(Beginning of Data shown)

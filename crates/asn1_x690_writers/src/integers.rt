//! INTEGER (X.690 8.3).

ghost use Rattle.std.specs.Prelude.{◌≡◌, pos, negsuc, ◌+◌, ◌-◌, ◌*◌, ◌^◌, ◌<◌, ◌≤◌, true, false, List, length};
ghost use Rattle.asn1_number.specs.Shortest.{residue_at};
ghost use Rattle.asn1_schema.specs.declared.tables.Range.{Range};
ghost use Rattle.asn1_schema.specs.Pieces.{Integer};
ghost use Rattle.asn1_x690.specs.Der.{always};
ghost use Rattle.asn1_x690.specs.Leaves.{IsAtLeast, IsBetween, IsInteger, leaf_of};
ghost use Rattle.asn1_x690_writers.specs.Numbers.{IsNumberWritten, mag_of};
ghost use Rattle.asn1_x690_writers.specs.Put.{IsFarWithout, IsPut, LeftAt};
ghost use Rattle.asn1_x691_writers.specs.Put.{IsFarInteger, piece_in};

use crate::octets::put_span;
use asn1_schema::{Bounds, LowerBound, MisfitKind, Part};
use asn1_x690_leaves::is_minimal;
use asn1_x691_writers::{Held, Writer, clip, integer_of, leave, put_wide, reject};

/// Returns a number, or how far it is below -1.
fn magnitude_of(z: i128) -> u128
    ensures value { result ≡ mag_of z }
    ensures few { result < 2 ^ 127 }
{
    if z >= 0 { z as u128 } else { (-1 - z) as u128 }
}

/// Returns how many octets a number needs after the first.
fn octets_past_first(magnitude: u128) -> usize
    requires { magnitude < 2 ^ 127 }
    ensures few { result ≤ 15 }
    ensures holds { magnitude < 2 ^ (8 * result + 7) }
    ensures least { 0 < result → 2 ^ (8 * (result - 1) + 7) ≤ magnitude }
{
    for count in 0..15usize {
        if magnitude < 1u128 << (8 * count + 7) {
            return count;
        }
    }
    15
}

/// Returns the digits of a number in `count` octets of two's complement.
fn digits_of(z: i128, count: usize) -> u128
    requires some { 0 < count }
    requires few { count ≤ 16 }
    requires holds { mag_of z < 2 ^ (8 * count - 1) }
    ensures value { result ≡ residue_at count z }
    ensures below { result < 2 ^ (8 * count) }
{
    if z >= 0 {
        return z as u128;
    }
    (u128::MAX >> (128 - 8 * count)) - magnitude_of(z)
}

/// Writes a number in two's complement of minimal length. Returns the index after it.
pub(crate) fn put_number_octets(octets: &mut [u8], at: usize, z: i128) -> usize
    requires { 8 * length octets.old < 2 ^ 64 }
    ensures { IsNumberWritten z octets.old at octets.new result }
{
    let count = octets_past_first(magnitude_of(z)) + 1;
    put_wide(octets, at, digits_of(z, count), 8 * count)
}

/// Returns whether a number is within bounds. Those of a type with an extension marker do not count.
fn is_between(z: i128, bounds: Bounds, is_extensible: bool) -> bool
    ensures yes { result ≡ true → IsBetween is_extensible bounds.least bounds.range z }
    ensures no { result ≡ false → IsBetween is_extensible bounds.least bounds.range z → ⊥ }
{
    if is_extensible {
        return true;
    }
    z >= bounds.least && z.abs_diff(bounds.least) <= bounds.range
}

/// Returns whether a number is from a bound on. That of a type with an extension marker does not
/// count.
fn is_at_least(z: i128, bound: LowerBound, is_extensible: bool) -> bool
    ensures yes { result ≡ true → IsAtLeast is_extensible bound.least z }
    ensures no { result ≡ false → IsAtLeast is_extensible bound.least z → ⊥ }
{
    if is_extensible {
        return true;
    }
    z >= bound.least
}

/// Writes a number outside -2^127 to 2^127 - 1, if its octets of two's complement are in the source, in
/// minimal length.
fn put_far(octets: &mut [u8], source: &[u8], part: Part, node: usize, state: &mut Writer) -> bool
    requires size { 8 * length octets.old < 2 ^ 64 }
    requires source { 8 * length source.now < 2 ^ 64 }
    requires far { (ranges : List Range) → IsFarInteger (piece_in ranges source.now part) }
    ensures { (ranges : List Range) → IsPut (LeftAt (IsFarWithout source.now part (piece_in ranges source.now part)) node state.new) (leaf_of IsInteger always Integer node) (piece_in ranges source.now part)
        octets.old state.old octets.new state.new result }
{
    let Part::Signed(span) = part else {
        return leave(state, node);
    };
    let inside = clip(source, span);
    if inside.count % 8 > 0 {
        return leave(state, node);
    }
    if !is_minimal(source, inside) {
        return leave(state, node);
    }
    state.at = put_span(octets, state.at, source, inside.at, inside.count);
    true
}

/// Writes an INTEGER without a lower bound. A number outside -2^127 to 2^127 - 1 is left unless its
/// octets of two's complement are in the source, in minimal length.
pub(crate) fn put_integer(
    octets: &mut [u8],
    source: &[u8],
    part: Part,
    node: usize,
    state: &mut Writer,
) -> bool
    requires size { 8 * length octets.old < 2 ^ 64 }
    requires source { 8 * length source.now < 2 ^ 64 }
    ensures { (ranges : List Range) → IsPut (LeftAt (IsFarWithout source.now part (piece_in ranges source.now part)) node state.new) (leaf_of IsInteger always Integer node) (piece_in ranges source.now part)
        octets.old state.old octets.new state.new result }
{
    match integer_of(source, part) {
        Held::Number(z) => {
            state.at = put_number_octets(octets, state.at, z);
            true
        }
        Held::Other => reject(state, node, MisfitKind::OtherPart),
        Held::FarAbove => put_far(octets, source, part, node, state),
        Held::FarBelow => put_far(octets, source, part, node, state),
    }
}

/// Writes an INTEGER within both bounds. With an extension marker, a number outside -2^127 to 2^127 - 1
/// is left unless its octets of two's complement are in the source, in minimal length.
pub(crate) fn put_integer_between(
    octets: &mut [u8],
    bounds: Bounds,
    is_extensible: bool,
    source: &[u8],
    part: Part,
    node: usize,
    state: &mut Writer,
) -> bool
    requires size { 8 * length octets.old < 2 ^ 64 }
    requires source { 8 * length source.now < 2 ^ 64 }
    ensures { (ranges : List Range) → IsPut (LeftAt (IsFarWithout source.now part (piece_in ranges source.now part)) node state.new) (leaf_of IsInteger (IsBetween is_extensible bounds.least bounds.range) Integer node) (piece_in ranges source.now part)
        octets.old state.old octets.new state.new result }
{
    match integer_of(source, part) {
        Held::Number(z) => {
            if !is_between(z, bounds, is_extensible) {
                return reject(state, node, MisfitKind::NoEncoding);
            }
            state.at = put_number_octets(octets, state.at, z);
            true
        }
        Held::Other => reject(state, node, MisfitKind::OtherPart),
        Held::FarAbove => {
            if is_extensible {
                return put_far(octets, source, part, node, state);
            }
            reject(state, node, MisfitKind::NoEncoding)
        }
        Held::FarBelow => {
            if is_extensible {
                return put_far(octets, source, part, node, state);
            }
            reject(state, node, MisfitKind::NoEncoding)
        }
    }
}

/// Writes an INTEGER from a lower bound on. A number above 2^127 - 1, or with an extension marker below
/// -2^127, is left unless its octets of two's complement are in the source, in minimal length.
pub(crate) fn put_integer_at_least(
    octets: &mut [u8],
    bound: LowerBound,
    is_extensible: bool,
    source: &[u8],
    part: Part,
    node: usize,
    state: &mut Writer,
) -> bool
    requires size { 8 * length octets.old < 2 ^ 64 }
    requires source { 8 * length source.now < 2 ^ 64 }
    ensures { (ranges : List Range) → IsPut (LeftAt (IsFarWithout source.now part (piece_in ranges source.now part)) node state.new) (leaf_of IsInteger (IsAtLeast is_extensible bound.least) Integer node) (piece_in ranges source.now part)
        octets.old state.old octets.new state.new result }
{
    match integer_of(source, part) {
        Held::Number(z) => {
            if !is_at_least(z, bound, is_extensible) {
                return reject(state, node, MisfitKind::NoEncoding);
            }
            state.at = put_number_octets(octets, state.at, z);
            true
        }
        Held::Other => reject(state, node, MisfitKind::OtherPart),
        Held::FarAbove => put_far(octets, source, part, node, state),
        Held::FarBelow => {
            if is_extensible {
                return put_far(octets, source, part, node, state);
            }
            reject(state, node, MisfitKind::NoEncoding)
        }
    }
}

(End of Data shown)

### What you have to do
Your job is to return all lines above that hold the word "type".

### Answer section
/// Returns whether a number is within bounds. Those of a type with an extension marker do not count.
/// Returns whether a number is from a bound on. That of a type with an extension marker does not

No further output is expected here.